> Exercise
Looking at the entries underneath, work out how many lines contain "Items". Write only that number.

(Collected data entries)
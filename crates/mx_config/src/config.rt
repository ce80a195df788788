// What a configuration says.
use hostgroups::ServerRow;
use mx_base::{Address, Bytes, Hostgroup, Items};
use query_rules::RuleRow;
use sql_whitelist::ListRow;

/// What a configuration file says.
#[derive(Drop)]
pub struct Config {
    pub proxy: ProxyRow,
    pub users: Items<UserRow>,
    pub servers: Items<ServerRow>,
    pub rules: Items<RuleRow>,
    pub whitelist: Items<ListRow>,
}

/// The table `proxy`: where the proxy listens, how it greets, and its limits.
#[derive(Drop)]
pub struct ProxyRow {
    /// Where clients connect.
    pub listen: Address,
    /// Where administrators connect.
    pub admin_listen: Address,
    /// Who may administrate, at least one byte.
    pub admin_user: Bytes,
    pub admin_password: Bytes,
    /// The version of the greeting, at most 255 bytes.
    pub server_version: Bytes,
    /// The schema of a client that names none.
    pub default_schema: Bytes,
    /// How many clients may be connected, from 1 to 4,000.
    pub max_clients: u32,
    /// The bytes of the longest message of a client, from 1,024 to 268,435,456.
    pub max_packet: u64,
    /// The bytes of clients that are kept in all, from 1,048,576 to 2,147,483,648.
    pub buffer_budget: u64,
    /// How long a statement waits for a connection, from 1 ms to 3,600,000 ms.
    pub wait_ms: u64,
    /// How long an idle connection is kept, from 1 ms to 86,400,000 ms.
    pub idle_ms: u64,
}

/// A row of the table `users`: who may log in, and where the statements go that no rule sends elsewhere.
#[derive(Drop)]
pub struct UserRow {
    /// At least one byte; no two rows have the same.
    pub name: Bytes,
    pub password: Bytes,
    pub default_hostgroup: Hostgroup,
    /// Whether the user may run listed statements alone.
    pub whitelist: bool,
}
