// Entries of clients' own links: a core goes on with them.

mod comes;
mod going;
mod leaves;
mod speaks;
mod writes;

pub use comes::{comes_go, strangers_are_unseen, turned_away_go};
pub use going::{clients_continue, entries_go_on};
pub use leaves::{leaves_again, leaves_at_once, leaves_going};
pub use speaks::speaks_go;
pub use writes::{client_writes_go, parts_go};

> Response box
5